Available records ->
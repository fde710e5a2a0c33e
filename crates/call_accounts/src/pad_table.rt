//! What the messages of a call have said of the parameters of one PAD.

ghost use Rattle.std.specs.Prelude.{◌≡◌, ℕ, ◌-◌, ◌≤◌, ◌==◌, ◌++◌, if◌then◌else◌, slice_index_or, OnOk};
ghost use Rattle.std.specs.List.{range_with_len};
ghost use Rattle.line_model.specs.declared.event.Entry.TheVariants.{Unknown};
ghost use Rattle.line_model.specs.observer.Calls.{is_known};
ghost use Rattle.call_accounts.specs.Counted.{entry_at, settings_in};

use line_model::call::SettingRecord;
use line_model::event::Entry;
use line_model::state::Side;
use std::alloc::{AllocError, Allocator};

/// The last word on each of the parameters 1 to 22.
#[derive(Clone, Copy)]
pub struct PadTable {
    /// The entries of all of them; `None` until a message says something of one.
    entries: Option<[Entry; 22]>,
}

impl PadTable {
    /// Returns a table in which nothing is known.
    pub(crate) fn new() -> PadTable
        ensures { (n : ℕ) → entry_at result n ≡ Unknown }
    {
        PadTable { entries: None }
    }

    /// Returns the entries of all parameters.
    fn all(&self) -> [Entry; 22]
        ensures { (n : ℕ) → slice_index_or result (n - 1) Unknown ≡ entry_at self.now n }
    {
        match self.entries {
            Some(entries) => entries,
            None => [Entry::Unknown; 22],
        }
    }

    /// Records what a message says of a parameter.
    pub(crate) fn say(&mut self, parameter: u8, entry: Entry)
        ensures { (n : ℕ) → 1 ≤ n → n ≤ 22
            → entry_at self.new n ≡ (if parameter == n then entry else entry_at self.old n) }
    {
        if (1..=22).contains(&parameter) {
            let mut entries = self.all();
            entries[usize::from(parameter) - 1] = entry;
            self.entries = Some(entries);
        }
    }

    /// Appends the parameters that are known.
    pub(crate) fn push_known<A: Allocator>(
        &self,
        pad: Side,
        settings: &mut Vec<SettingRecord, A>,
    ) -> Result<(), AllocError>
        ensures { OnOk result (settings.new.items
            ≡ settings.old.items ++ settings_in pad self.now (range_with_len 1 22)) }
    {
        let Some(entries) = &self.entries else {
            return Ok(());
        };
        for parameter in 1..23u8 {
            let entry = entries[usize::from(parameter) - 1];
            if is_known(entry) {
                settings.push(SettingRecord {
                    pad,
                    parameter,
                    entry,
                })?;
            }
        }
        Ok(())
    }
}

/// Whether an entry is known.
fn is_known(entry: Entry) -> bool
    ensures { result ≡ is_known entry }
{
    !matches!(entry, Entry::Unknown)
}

Directions ->
Give the listing above again in full, with no word altered.

Written reply ->
repository fde710e5a2a0c33e
filename crates/call_accounts/src/pad_table.rt
//! What the messages of a call have said of the parameters of one PAD.

ghost use Rattle.std.specs.Prelude.{◌≡◌, ℕ, ◌-◌, ◌≤◌, ◌==◌, ◌++◌, if◌then◌else◌, slice_index_or, OnOk};
ghost use Rattle.std.specs.List.{range_with_len};
ghost use Rattle.line_model.specs.declared.event.Entry.TheVariants.{Unknown};
ghost use Rattle.line_model.specs.observer.Calls.{is_known};
ghost use Rattle.call_accounts.specs.Counted.{entry_at, settings_in};

use line_model::call::SettingRecord;
use line_model::event::Entry;
use line_model::state::Side;
use std::alloc::{AllocError, Allocator};

/// The last word on each of the parameters 1 to 22.
#[derive(Clone, Copy)]
pub struct PadTable {
    /// The entries of all of them; `None` until a message says something of one.
    entries: Option<[Entry; 22]>,
}

impl PadTable {
    /// Returns a table in which nothing is known.
    pub(crate) fn new() -> PadTable
        ensures { (n : ℕ) → entry_at result n ≡ Unknown }
    {
        PadTable { entries: None }
    }

    /// Returns the entries of all parameters.
    fn all(&self) -> [Entry; 22]
        ensures { (n : ℕ) → slice_index_or result (n - 1) Unknown ≡ entry_at self.now n }
    {
        match self.entries {
            Some(entries) => entries,
            None => [Entry::Unknown; 22],
        }
    }

    /// Records what a message says of a parameter.
    pub(crate) fn say(&mut self, parameter: u8, entry: Entry)
        ensures { (n : ℕ) → 1 ≤ n → n ≤ 22
            → entry_at self.new n ≡ (if parameter == n then entry else entry_at self.old n) }
    {
        if (1..=22).contains(&parameter) {
            let mut entries = self.all();
            entries[usize::from(parameter) - 1] = entry;
            self.entries = Some(entries);
        }
    }

    /// Appends the parameters that are known.
    pub(crate) fn push_known<A: Allocator>(
        &self,
        pad: Side,
        settings: &mut Vec<SettingRecord, A>,
    ) -> Result<(), AllocError>
        ensures { OnOk result (settings.new.items
            ≡ settings.old.items ++ settings_in pad self.now (range_with_len 1 22)) }
    {
        let Some(entries) = &self.entries else {
            return Ok(());
        };
        for parameter in 1..23u8 {
            let entry = entries[usize::from(parameter) - 1];
            if is_known(entry) {
                settings.push(SettingRecord {
                    pad,
                    parameter,
                    entry,
                })?;
            }
        }
        Ok(())
    }
}

/// Whether an entry is known.
fn is_known(entry: Entry) -> bool
    ensures { result ≡ is_known entry }
{
    !matches!(entry, Entry::Unknown)
}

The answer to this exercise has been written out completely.